DATA PROVIDED: Begin

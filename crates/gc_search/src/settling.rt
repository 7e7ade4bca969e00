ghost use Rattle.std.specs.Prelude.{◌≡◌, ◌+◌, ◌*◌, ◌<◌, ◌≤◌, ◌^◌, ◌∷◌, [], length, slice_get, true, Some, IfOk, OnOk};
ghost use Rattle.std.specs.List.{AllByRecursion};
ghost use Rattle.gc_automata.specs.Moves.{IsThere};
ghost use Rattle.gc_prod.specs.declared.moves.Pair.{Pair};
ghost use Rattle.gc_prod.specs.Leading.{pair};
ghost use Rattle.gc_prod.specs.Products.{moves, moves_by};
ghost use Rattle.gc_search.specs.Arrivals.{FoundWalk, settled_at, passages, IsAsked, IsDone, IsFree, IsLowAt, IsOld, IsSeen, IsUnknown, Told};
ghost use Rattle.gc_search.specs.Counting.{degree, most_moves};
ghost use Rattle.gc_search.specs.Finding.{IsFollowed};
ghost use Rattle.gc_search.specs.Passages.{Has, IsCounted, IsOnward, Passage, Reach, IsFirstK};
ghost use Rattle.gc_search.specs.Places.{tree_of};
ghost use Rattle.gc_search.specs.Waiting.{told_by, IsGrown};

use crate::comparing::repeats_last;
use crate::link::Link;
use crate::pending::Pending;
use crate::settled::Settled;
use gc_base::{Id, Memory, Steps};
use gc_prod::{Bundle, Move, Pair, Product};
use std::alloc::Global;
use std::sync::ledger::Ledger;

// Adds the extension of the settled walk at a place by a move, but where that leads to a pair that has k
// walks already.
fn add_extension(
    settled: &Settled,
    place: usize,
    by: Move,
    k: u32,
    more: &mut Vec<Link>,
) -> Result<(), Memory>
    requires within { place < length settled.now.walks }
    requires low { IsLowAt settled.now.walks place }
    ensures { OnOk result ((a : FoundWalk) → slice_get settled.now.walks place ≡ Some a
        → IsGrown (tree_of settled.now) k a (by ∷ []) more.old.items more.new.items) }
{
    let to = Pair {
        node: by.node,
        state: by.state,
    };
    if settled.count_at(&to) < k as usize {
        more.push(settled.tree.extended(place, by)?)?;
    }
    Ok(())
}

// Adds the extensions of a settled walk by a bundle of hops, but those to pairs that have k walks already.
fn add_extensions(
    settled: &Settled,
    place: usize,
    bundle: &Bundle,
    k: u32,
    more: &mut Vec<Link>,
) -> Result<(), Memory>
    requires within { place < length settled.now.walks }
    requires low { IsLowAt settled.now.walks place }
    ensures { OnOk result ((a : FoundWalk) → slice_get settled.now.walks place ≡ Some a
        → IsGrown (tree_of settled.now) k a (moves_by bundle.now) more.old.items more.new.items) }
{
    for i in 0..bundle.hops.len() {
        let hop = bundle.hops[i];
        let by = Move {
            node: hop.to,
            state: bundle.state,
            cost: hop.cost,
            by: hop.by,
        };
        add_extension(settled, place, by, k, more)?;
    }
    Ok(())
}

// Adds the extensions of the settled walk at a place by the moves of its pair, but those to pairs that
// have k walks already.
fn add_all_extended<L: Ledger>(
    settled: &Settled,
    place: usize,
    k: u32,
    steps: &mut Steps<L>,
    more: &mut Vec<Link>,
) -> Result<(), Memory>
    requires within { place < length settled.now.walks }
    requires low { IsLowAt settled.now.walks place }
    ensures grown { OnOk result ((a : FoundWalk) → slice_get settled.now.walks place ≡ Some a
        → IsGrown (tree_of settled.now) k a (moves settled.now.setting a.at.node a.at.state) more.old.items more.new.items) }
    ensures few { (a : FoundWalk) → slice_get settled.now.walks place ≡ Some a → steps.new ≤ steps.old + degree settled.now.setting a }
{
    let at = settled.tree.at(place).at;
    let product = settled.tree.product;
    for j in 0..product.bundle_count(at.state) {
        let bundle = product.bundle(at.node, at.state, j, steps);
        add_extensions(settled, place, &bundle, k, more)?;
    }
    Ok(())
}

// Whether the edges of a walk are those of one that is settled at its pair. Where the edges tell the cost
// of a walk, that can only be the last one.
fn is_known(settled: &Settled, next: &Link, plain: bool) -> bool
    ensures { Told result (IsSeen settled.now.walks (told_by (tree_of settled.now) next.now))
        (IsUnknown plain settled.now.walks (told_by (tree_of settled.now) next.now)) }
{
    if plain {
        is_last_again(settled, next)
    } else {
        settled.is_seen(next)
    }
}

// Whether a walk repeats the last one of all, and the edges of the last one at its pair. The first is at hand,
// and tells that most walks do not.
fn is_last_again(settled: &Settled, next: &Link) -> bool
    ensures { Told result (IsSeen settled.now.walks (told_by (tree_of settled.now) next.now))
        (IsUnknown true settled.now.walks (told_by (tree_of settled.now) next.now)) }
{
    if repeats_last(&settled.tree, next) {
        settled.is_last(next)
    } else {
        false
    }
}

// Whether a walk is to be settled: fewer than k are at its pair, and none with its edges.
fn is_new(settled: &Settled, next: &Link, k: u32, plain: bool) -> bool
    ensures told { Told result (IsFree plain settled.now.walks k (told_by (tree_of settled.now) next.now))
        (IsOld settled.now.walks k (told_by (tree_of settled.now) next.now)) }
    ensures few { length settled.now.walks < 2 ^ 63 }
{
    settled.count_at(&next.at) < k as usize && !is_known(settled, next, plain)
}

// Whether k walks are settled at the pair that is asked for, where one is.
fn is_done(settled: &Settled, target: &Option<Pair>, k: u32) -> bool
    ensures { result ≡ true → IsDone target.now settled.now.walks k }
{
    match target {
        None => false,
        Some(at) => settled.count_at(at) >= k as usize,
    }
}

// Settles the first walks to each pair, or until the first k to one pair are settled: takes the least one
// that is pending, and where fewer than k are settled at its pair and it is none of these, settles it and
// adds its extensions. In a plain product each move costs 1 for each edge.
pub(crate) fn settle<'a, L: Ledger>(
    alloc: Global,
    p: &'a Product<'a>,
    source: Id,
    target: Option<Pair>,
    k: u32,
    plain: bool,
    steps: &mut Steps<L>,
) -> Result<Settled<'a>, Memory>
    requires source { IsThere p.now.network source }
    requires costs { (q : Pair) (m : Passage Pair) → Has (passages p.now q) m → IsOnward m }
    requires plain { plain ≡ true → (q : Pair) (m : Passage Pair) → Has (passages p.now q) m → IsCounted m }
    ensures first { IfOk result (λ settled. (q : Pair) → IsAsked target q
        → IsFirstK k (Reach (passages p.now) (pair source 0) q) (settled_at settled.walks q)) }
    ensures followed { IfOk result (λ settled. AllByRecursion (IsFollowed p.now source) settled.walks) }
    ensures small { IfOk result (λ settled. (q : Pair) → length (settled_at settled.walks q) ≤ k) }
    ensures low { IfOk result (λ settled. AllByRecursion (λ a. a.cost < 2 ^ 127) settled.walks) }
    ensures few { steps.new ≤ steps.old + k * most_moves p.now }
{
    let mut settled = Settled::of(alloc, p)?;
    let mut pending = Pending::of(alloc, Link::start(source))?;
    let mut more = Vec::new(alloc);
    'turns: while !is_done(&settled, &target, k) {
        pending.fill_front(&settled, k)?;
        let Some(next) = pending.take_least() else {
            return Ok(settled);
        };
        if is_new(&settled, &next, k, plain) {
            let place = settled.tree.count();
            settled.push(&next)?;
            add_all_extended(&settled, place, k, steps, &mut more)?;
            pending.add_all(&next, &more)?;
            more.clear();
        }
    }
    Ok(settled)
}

DATA PROVIDED: End
DATA PROVIDED: Begin

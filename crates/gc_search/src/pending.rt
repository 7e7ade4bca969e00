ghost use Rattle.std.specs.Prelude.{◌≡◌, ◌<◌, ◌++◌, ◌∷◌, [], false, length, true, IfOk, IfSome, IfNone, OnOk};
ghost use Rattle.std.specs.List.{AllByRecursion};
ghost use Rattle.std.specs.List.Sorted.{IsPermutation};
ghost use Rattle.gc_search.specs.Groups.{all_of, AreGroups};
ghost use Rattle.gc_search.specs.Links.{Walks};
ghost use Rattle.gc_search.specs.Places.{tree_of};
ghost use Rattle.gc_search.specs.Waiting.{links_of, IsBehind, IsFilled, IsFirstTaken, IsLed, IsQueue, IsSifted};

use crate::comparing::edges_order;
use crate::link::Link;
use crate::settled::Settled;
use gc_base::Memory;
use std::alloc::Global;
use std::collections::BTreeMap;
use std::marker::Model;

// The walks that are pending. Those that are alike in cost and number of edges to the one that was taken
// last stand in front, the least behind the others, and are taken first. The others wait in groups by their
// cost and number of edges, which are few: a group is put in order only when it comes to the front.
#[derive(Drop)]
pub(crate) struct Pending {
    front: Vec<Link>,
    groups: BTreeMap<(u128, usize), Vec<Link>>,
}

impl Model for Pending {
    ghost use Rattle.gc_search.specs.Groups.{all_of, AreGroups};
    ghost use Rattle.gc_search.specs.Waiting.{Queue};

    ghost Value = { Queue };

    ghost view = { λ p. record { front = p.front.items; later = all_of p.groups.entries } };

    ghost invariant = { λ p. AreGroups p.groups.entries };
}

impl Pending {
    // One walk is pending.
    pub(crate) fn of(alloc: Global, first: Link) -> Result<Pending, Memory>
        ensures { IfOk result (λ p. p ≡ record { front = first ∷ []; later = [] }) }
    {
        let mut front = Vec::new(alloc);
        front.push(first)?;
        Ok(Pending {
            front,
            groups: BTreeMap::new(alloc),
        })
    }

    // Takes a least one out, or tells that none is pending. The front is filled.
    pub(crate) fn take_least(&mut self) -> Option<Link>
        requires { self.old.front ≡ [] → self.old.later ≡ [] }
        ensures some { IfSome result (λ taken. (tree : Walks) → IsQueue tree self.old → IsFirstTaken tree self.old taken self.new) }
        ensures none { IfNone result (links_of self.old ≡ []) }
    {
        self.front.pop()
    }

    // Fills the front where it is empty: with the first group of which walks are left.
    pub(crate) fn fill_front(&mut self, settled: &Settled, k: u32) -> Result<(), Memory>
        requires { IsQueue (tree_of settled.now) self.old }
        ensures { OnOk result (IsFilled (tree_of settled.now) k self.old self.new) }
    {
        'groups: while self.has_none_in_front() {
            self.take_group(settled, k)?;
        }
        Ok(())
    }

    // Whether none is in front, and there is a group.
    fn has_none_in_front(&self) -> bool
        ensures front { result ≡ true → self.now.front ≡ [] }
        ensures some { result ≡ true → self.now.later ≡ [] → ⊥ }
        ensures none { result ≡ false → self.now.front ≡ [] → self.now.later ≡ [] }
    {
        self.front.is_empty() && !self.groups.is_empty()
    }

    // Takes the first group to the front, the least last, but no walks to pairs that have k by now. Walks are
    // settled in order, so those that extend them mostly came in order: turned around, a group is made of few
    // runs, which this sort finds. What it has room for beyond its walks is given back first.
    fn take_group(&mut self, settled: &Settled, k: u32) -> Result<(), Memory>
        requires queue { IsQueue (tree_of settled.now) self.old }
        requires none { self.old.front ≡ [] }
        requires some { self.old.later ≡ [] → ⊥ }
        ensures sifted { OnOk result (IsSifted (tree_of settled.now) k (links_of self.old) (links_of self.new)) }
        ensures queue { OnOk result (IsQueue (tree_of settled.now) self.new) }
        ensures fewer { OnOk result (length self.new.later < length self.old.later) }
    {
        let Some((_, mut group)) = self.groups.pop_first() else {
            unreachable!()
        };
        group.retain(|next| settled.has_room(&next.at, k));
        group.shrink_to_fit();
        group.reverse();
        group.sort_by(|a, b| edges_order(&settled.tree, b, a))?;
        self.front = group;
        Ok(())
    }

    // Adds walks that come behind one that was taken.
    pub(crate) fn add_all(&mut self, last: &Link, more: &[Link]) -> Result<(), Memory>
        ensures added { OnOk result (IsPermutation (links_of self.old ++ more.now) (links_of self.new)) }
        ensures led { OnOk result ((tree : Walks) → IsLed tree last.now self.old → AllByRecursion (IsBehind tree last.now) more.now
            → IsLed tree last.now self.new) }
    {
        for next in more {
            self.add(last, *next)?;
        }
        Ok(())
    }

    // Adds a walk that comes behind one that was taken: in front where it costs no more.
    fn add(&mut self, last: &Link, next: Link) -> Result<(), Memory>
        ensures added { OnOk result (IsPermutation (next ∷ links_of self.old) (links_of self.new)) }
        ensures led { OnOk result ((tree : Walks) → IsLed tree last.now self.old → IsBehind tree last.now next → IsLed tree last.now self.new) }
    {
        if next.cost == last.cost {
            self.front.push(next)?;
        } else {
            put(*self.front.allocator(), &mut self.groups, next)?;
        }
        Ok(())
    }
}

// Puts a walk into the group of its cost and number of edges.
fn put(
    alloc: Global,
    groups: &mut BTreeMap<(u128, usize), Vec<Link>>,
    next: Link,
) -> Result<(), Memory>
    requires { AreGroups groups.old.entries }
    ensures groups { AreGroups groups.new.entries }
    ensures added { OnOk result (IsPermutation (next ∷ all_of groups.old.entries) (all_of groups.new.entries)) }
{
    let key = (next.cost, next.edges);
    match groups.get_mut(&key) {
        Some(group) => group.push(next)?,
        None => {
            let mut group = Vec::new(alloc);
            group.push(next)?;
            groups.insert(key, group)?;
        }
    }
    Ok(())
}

DATA PROVIDED: End

■ **TASK ITEM**
Copy each line of the entries that includes the word "Option".

■ **RESULT FOR THIS TASK**
fn is_done(settled: &Settled, target: &Option<Pair>, k: u32) -> bool
    target: Option<Pair>,
    pub(crate) fn take_least(&mut self) -> Option<Link>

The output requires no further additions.